Actually, I tried the experiment suggested above on the IMDB dataset using a simple model with one LSTM layer. One time, I used only one label per each sample (as in original approach of @Shlomi) and the other time I replicated the labels to have one label per each timestep of a sample (as I suggested above). Here is the code if you would like to try it yourself:

from keras.layers import *
from keras.models import Sequential, Model
from keras.datasets import imdb
from keras.preprocessing.sequence import pad_sequences
import numpy as np

vocab_size = 10000
max_len = 200
(x_train, y_train), (x_test, y_test) = imdb.load_data(num_words=vocab_size)
X_train = pad_sequences(x_train, maxlen=max_len)

def create_model(return_seq=False, stateful=False):
    batch_size = 1 if stateful else None
    model = Sequential()
    model.add(Embedding(vocab_size, 128, batch_input_shape=(batch_size, None)))
    model.add(CuDNNLSTM(64, return_sequences=return_seq, stateful=stateful))
    model.add(Dense(1, activation='sigmoid'))

    model.compile(optimizer='rmsprop', loss='binary_crossentropy', metrics=['acc'])
    return model

# train model with one label per sample
train_model = create_model()
train_model.fit(X_train, y_train, epochs=10, batch_size=128, validation_split=0.3)

# replicate the labels
y_train_rep = np.repeat(y_train, max_len).reshape(-1, max_len, 1)

# train model with one label per timestep
rep_train_model = create_model(True)
rep_train_model.fit(X_train, y_train_rep, epochs=10, batch_size=128, validation_split=0.3)

Then we can create the stateful replicas of the training models and run them on some test data to compare their results:

# replica of `train_model` with the same weights
test_model = create_model(False, True)
test_model.set_weights(train_model.get_weights())
test_model.reset_states()

# replica of `rep_train_model` with the same weights
rep_test_model = create_model(True, True)
rep_test_model.set_weights(rep_train_model.get_weights())
rep_test_model.reset_states()

def stateful_predict(model, samples):
    preds = []
    for s in samples:
        model.reset_states()
        ps = []
        for ts in s:
            p = model.predict(np.array([[ts]]))
            ps.append(p[0,0])
        preds.append(list(ps))
    return preds

X_test = pad_sequences(x_test, maxlen=max_len)

Actually, the first sample of X_test has a 0 label (i.e. belongs to negative class) and the second sample of X_test has a 1 label (i.e. belongs to positive class). So let's first see what the stateful prediction of test_model (i.e. the one that were trained using one label per sample) for these two samples would look like:

import matplotlib.pyplot as plt

preds = stateful_predict(test_model, X_test[0:2])

plt.plot(preds[0])
plt.plot(preds[1])
plt.legend(['Class 0', 'Class 1'])

The result:

Correct label (i.e. probability) at the end (i.e. timestep 200) but very spiky and fluctuating in between. Now let's compare it with the stateful predictions of the rep_test_model (i.e. the one that were trained using one label per each timestep):

preds = stateful_predict(rep_test_model, X_test[0:2])

plt.plot(preds[0])
plt.plot(preds[1])
plt.legend(['Class 0', 'Class 1'])

The result:

Again, correct label prediction at the end but this time with a much more smoother and monotonic trend, as expected.

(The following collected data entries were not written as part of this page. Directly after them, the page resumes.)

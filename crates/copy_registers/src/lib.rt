// The .reginfo of the result: A's ORed into C's, byte by byte, equal to `joined` of specs/Reginfo.antt (document 01, "Merge").
#![tactic(auto)]

ghost use Rattle.std.specs.Prelude.{◌≡◌, ◌+◌, ◌≤◌, ◌<◌, length};
ghost use Rattle.base_lists.specs.Windows.{spliced};
ghost use Rattle.copy_registers.specs.Reginfo.{joined_byte, joined};

// Byte k of the joined section; `compiled` and `assembled` are the two sections' bytes.
fn joined_byte(compiled: &[u8], assembled: &[u8], k: usize) -> u8
    requires { k < length compiled.now }
    ensures { result ≡ joined_byte compiled.now assembled.now k }
{
    if k < assembled.len() {
        return compiled[k] | assembled[k];
    }
    compiled[k]
}

// Writes the joined section into a slice.
pub fn write_reginfo(out: &mut [u8], at: usize, compiled: &[u8], assembled: &[u8])
    requires { at + length compiled.now ≤ length out.old }
    ensures { out.new ≡ spliced out.old at (joined compiled.now assembled.now) }
{
    for i in 0..compiled.len() {
        out[at + i] = joined_byte(compiled, assembled, i);
    }
}
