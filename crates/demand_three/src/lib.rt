// No code: the theorem that every accepted merge meets demand 3 (proofs/Theorem.antt).
#![tactic(auto)]
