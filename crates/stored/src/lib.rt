// What reading and packing a stored job answer, or why they refuse it. What the bytes of a job mean stands in specs/.
#![tactic(auto)]

ghost use Rattle.std.specs.Prelude.{◌≡◌, ℕ, ◌+◌, ◌/◌, ◌%◌, ◌<◌, Bool};
ghost use Rattle.scans.specs.Refusals.{whole};
ghost use Rattle.stored.specs.Reasons.{number_of};
ghost use Rattle.stored.specs.Reading.{per_block, per_record};
ghost use Rattle.stored.specs.Checked.{checked};

use scans::first_bad;

// k, and how many nodes, expressions and clauses a job has.
#[derive(Clone, Copy)]
pub struct Size {
    pub k: usize,
    pub n: usize,
    pub e: usize,
    pub c: usize,
}

// What is wrong with a job or a request, in the order of the rules' table.
#[derive(Clone, Copy, PartialEq, Eq)]
pub enum Reason {
    Length = 1,
    Check,
    Number,
    Header,
    Count,
    Block,
    Rest,
    Gate,
    Expression,
    Clause,
    Case,
    Time,
    Room,
    Empty,
}

impl Reason {
    pub fn number(self) -> usize
        ensures { result ≡ number_of self }
    {
        self as usize
    }

    // Refuses for this reason, unless the test was passed.
    #[tactic(auto, unfolding(crate::specs::Checked::checked, scans::specs::Refusals::unless_at, scans::specs::First::first_bad))]
    pub fn unless(self, passed: bool) -> Result<(), Refusal>
        ensures { result ≡ checked (whole (number_of self) passed) }
    {
        if passed {
            Ok(())
        } else {
            Err(Refusal::whole(self))
        }
    }

    // Refuses the first block below `count` that fails the test.
    // Not written by one function over a closure that makes the refusal, for blocks and records: its clause would be longer than both bodies.
    pub fn unless_each_block<F: Fn(usize) -> bool>(
        self,
        count: usize,
        test: F,
    ) -> Result<(), Refusal>
        requires { (i : ℕ) → i < count → F.pre test i }
        ensures { (f : ℕ → Bool) → ((i : ℕ) (r : Bool) → i < count → F.post test i r → r ≡ f i)
            → result ≡ checked (per_block (number_of self) count f) }
    {
        match first_bad(count, test) {
            None => Ok(()),
            Some(b) => Err(Refusal::in_block(self, b)),
        }
    }

    // Refuses the first record below `count` that fails the test, of records that begin in block `first`.
    pub fn unless_each_record<F: Fn(usize) -> bool>(
        self,
        first: usize,
        count: usize,
        test: F,
    ) -> Result<(), Refusal>
        requires first_bound { first < 65536 }
        requires callable { (i : ℕ) → i < count → F.pre test i }
        ensures { (f : ℕ → Bool) → ((i : ℕ) (r : Bool) → i < count → F.post test i r → r ≡ f i)
            → result ≡ checked (per_record (number_of self) first count f) }
    {
        match first_bad(count, test) {
            None => Ok(()),
            Some(i) => Err(Refusal::in_record(self, first, i)),
        }
    }
}

// A refusal's number and place; block and record are 0 where it names none. The number is no Reason: `refusal_line` is promised
// for every number.
#[derive(Clone, Copy)]
pub struct Refusal {
    pub number: usize,
    pub block: usize,
    pub record: usize,
}

impl Refusal {
    // A refusal of a block.
    pub fn in_block(reason: Reason, block: usize) -> Refusal
        ensures { result ≡ (record { number = number_of reason; block = block; «record» = 0 }) }
    {
        Refusal {
            number: reason.number(),
            block,
            record: 0,
        }
    }

    // A refusal that names no place.
    pub fn whole(reason: Reason) -> Refusal
        ensures { result ≡ (record { number = number_of reason; block = 0; «record» = 0 }) }
    {
        Refusal::in_block(reason, 0)
    }

    // A refusal of record `i` of those that begin in block `first`, 63 to a block.
    pub fn in_record(reason: Reason, first: usize, i: usize) -> Refusal
        requires { first < 65536 }
        ensures { result ≡ (record { number = number_of reason; block = first + i / 63; «record» = i % 63 }) }
    {
        Refusal {
            number: reason.number(),
            block: first + i / 63,
            record: i % 63,
        }
    }
}
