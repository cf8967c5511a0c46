// How many cases of a job fail and how many are empty, and the least of each.
#![tactic(auto)]

ghost use Rattle.std.specs.Prelude.{◌≡◌, Bool, ℕ, ◌+◌, ◌-◌, ◌*◌, ◌<◌, ◌≤◌, min, MatchOption};
ghost use Rattle.meaning.specs.Guards.{bit_of};
ghost use Rattle.meaning.specs.Jobs.{cases};
ghost use Rattle.meaning.specs.Answers.{failing, empty};
ghost use Rattle.meaning.proofs.Tallies.{Least};
ghost use Rattle.decoded.specs.Meant.{job_in};
ghost use Rattle.tallies.specs.Counting.{FoundIn, Covers};

use decoded::Plan;
use groups::{Gates, answer_group};
use words::{count, least_place, used_places};

// How many cases were found, and the least of them.
#[derive(Clone, Copy, Default)]
pub struct Found {
    pub count: usize,
    pub least: Option<usize>,
}

#[derive(Clone, Copy, Default)]
pub struct Counted {
    pub failing: Found,
    pub empty: Found,
}

// The least case of group `g` that has its place in `w`.
fn least_in(g: usize, w: u64) -> Option<usize>
    requires { g < 4294967296 }
    ensures { MatchOption result (w ≡ 0) (λ x. (64 * g ≤ x) × Least (bit_of w) 64 (x - 64 * g)) }
{
    if w == 0 {
        None
    } else {
        Some(64 * g + least_place(w))
    }
}

impl Found {
    // The cases of one more group: those that have their place in `w`.
    fn with(self, g: usize, w: u64) -> Found
        requires { (g < 4294967296) × (self.count < 4294967296) }
        ensures { (f : ℕ → Bool) (cases : ℕ) → 64 * g < cases → FoundIn f (64 * g) self → Covers f cases g w → FoundIn f (min (64 * (g + 1)) cases) result }
    {
        Found {
            count: self.count + count(w),
            least: self.least.or(least_in(g, w)),
        }
    }
}

// All groups of a job. Places that stand for no case, where k is below 6, are masked.
pub fn count_cases(plan: &Plan) -> Counted
    ensures failing { FoundIn (failing (job_in plan.now)) (cases (job_in plan.now)) result.failing }
    ensures empty { FoundIn (empty (job_in plan.now)) (cases (job_in plan.now)) result.empty }
{
    let gates = Gates::new(plan);
    let used = used_places(plan.size.k);
    let cases = plan.cases();
    let mut failing = Found::default();
    let mut empty = Found::default();
    for g in 0..cases.div_ceil(64) {
        let answered = answer_group(&gates, g);
        failing = failing.with(g, answered.failing & used);
        empty = empty.with(g, answered.empty & used);
    }
    Counted { failing, empty }
}
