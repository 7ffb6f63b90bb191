// The arguments of `casm edit`: the file, the part, the channel, the fields with their values, and the options.
#![tactic(auto)]

pub mod fields;

use tool_ends::{Argument, Cannot, Host, complain};

// Which argument is which, and how many are no options.
#[derive(Clone, Copy)]
pub struct Asked {
    pub file: Option<usize>,
    pub part: Option<usize>,
    pub channel: Option<usize>,
    pub target: Option<usize>,
    pub words: usize,
    pub is_override: bool,
    pub is_in_place: bool,
    pub unknown: Option<usize>,
    pub is_twice: bool,
    // Whether the next one is what stands behind -o.
    pub is_target_next: bool,
}

fn nothing() -> Asked {
    Asked {
        file: None,
        part: None,
        channel: None,
        target: None,
        words: 0,
        is_override: false,
        is_in_place: false,
        unknown: None,
        is_twice: false,
        is_target_next: false,
    }
}

// What an argument is.
#[derive(Clone, Copy, PartialEq, Eq)]
enum Kind {
    Word,
    Target,
    Override,
    InPlace,
    Unknown,
}

fn kind_of(rt: &impl Host, i: usize) -> Kind {
    let given = Argument::at(rt, i);
    match given.text() {
        b"-o" => Kind::Target,
        b"--override" => Kind::Override,
        b"--in-place" => Kind::InPlace,
        [b'-', ..] => Kind::Unknown,
        _ => Kind::Word,
    }
}

impl Asked {
    fn take_word(&mut self, i: usize) {
        match self.words {
            0 => self.file = Some(i),
            1 => self.part = Some(i),
            2 => self.channel = Some(i),
            _ => {}
        }
        self.words = self.words.saturating_add(1);
    }

    fn take(&mut self, rt: &impl Host, i: usize) {
        if self.is_target_next {
            self.target = Some(i);
            self.is_target_next = false;
            return;
        }
        match kind_of(rt, i) {
            Kind::Word => self.take_word(i),
            Kind::Target => {
                self.is_twice = self.is_twice || self.target.is_some();
                self.is_target_next = true;
            }
            Kind::Override => self.is_override = true,
            Kind::InPlace => self.is_in_place = true,
            Kind::Unknown => self.unknown = self.unknown.or(Some(i)),
        }
    }

    // Whether a field is asked for.
    pub fn has_fields(&self) -> bool {
        3 < self.words
    }

    // Whether argument i is a field with its value: it stands behind the channel, and is no option.
    pub fn is_field(&self, rt: &impl Host, i: usize) -> bool {
        match self.channel {
            Some(channel) => channel < i && self.target != Some(i) && kind_of(rt, i) == Kind::Word,
            None => false,
        }
    }
}

// The arguments from number `from` on.
pub fn asked_from(rt: &impl Host, from: usize) -> Asked {
    let mut asked = nothing();
    for i in from..tool_ends::arg_count(rt) {
        asked.take(rt, i);
    }
    asked
}

// The file, and what is missing or too much; a part and a channel that are missing are told of where the file is known.
pub fn file_asked(rt: &impl Host, asked: &Asked) -> Result<usize, Cannot> {
    if let Some(i) = asked.unknown {
        return Err(tool_asked::complain_option(
            rt,
            b"edit",
            i,
            b"-o OUT, --override or --in-place",
        ));
    }
    let Some(file) = asked.file else {
        return Err(complain(
            rt,
            b"edit",
            b"no FILE; expected casm edit FILE PART CHANNEL FIELD=VALUE.. -o OUT",
        ));
    };
    if asked.is_twice {
        return Err(complain(rt, b"edit", b"-o is said twice; expected one OUT"));
    }
    if asked.is_target_next {
        return Err(complain(rt, b"edit", b"no OUT behind -o"));
    }
    if asked.target.is_none() && !asked.is_in_place {
        return Err(complain(
            rt,
            b"edit",
            b"no OUT; expected -o OUT, or --in-place to change FILE itself",
        ));
    }
    Ok(file)
}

Note that this was just an example for demonstration and therefore I have used a very simple model here with just one LSTM layer and I did not attempt to tune it at all. I guess with a better tuning of the model (e.g. adjusting the number of layers, number of units in each layer, activation functions used, optimizer type and parameters, etc.), you might get far better results.